We all are 100% different, that makes everyone of us unique and priceless, so each one of us is the best, no one better or worse than the others, unluckily; the only one who is better than all of us is the nonexistent, it is the one who was nothing and it will stay as nothing, forever. life is imperfect, otherwise no one suffers no one complains and no need to be patient.
Yes , your true self "ATMA" the non existed one. The consciousness behind your physical body and your mind - The Awareful Witness - the one who is real you but not existed in this physical world. 🕉
As I sat in Biloxi, Mississippi, I found this album. And, in that moment, this song introduced me to Anne Rice and "Interview with the Vampire. " Yesssss...
As a fan of Anne Rice's Vampire Chronicles i gotta say I LOVE this song, since the first time i heard it (without have confirmed it was based on Anne's books) i knew it was about Anne's vampires.
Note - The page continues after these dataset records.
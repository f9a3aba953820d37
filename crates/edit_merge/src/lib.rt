//! What an edit makes of a document, as a merge, and the stops of the walk over it.
//!
//! A document before an edit and after it are the two forests of one merge (`edit_merge`), and a walk over that merge
//! goes to its stops alone. The laws of [`laws`] say so of each edit that a document allows; `IsDone` puts what is to
//! be known of the two documents into one record. [`stops`] makes the list of stops from the document as it is
//! before the edit, by the edit's paths: into each node above a place, and to the place. It looks at no other nodes
//! but the siblings behind a place, up to the first element.
//!
//! ```text
//! let mut stops = stops_of_edit(alloc, &arena, &edit)?;       // the edit is allowed
//! let prepared = arena.prepare(alloc, &edit)?;
//! let reversal = arena.commit(prepared);
//! name_inserted(&arena, &edit, &mut stops);                   // the key of an inserted root is known now
//! ```
//!
//! After these calls the stops are `edit_stops` of the edit, of `inserted_key` in the document after it and of the
//! document before it. By the law `EditsStop` they are the `stops_of` the merge, in tree order. The merge of another
//! sheet keeps all nodes: it has no stops, and its documents are to be evaluated whole.
//!
//! Where selectors see an edit from other nodes, these go and come again with all that is in them. [`nodes`] tells the
//! stops of one such node, or of two, by their paths: one that stands in the other has none of its own.
//!
//! # Examples
//!
//! All are edits of `<ol><li>a</li><li>b</li><li>c</li></ol>`, where the list has the key 0, and its items with their
//! texts have 1 and 2, 3 and 4, 5 and 6. Each stop is its depth, the link, the way and the element that tells what
//! is handed there. The lists were made by hand from the merges, and `proofs/Examples.antt` computes that the
//! definitions give them.
//!
//! | Edit | Stops |
//! |---|---|
//! | the item at `/1` goes | 0, 0, `Inside`, 0; 1, 5, `Past`, 3 |
//! | an item under the key 7 comes as the last one, index 3 of `/` | 0, 0, `Inside`, 0; 1, 7, `Anew`, none |
//! | an attribute of the item at `/1` is set | 0, 0, `Inside`, 0; 1, 3, `Past`, 3; 1, 3, `Anew`, 5 |
//! | an attribute of the list at `/` goes | 0, 0, `Past`, 0; 0, 0, `Anew`, none |
//! | the item at `/0` moves into that at `/2`, index 0 | 0, 0, `Inside`, 0; 1, 3, `Past`, 1; 1, 5, `Inside`, 5; 2, 1, `Anew`, none |
//! | the item at `/0` moves behind the next, index 1 of `/` | 0, 0, `Inside`, 0; 1, 3, `Past`, 1; 1, 1, `Anew`, 5 |
//! | another sheet comes | |
//!
//! The moves come from two lists each, of which the first stop is common: that of the node that goes, and that of the
//! node that comes. Behind the place in the item at `/2` there is a text, and no element: what is handed there is
//! told by the item itself.
//!
//! # What the layers above cite
//!
//! In contracts: `edit_merge`, `edit_stops`, `inserted_key`, `is_element`, `IsDone`, `stops_at_node` and
//! `stops_at_nodes`. In proofs: the laws, by the lemmas of `proofs/EditLaws.antt`, and `stops-named`, which joins them to
//! the contracts of [`stops`].
#![tactic(auto)]

mod joining;
pub mod laws;
pub mod nodes;
mod places;
pub mod stops;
My favorites books!
@striva Anne wrote 10 books and together they are Vampire Chronicles and one of them is "Interview with the vampire" but this song was inspired by "The vampire Lestat", another book of The Chronicles, but it doesn't have movie like Interview...
when this song was released I was 15 and I knew this life of the song. It could be a vampire singing, yes. But to me it was anyone who is bound and drawn to a life that, before it is even lived, in his heart he's knowing, is destined to be... unusual. Yet, you go. Don't you... Yes. You do.
Most of you should know this song is not about vampires but a werewolf. Just because it is set in New Orleans and at this present time(2011) vampires are all the rage, this particular song is about a werewolf!
For all my years playing shows all over the south including many parts of LA, the one time I've gotten to go to Bourbon Street was on my honeymoon with my ex wife. She was from there originally, and we spent a few days at the Hyatt on the corner of Bourbon and Canal. The honeymoon was the best part of the whole marriage.
It's not about a werewolf, honey. The liner notes from "Dream of the Blue Turtles" clearly say that Sting wrote it after reading "Interview With The Vampire" when it was a new book, long before it was a movie.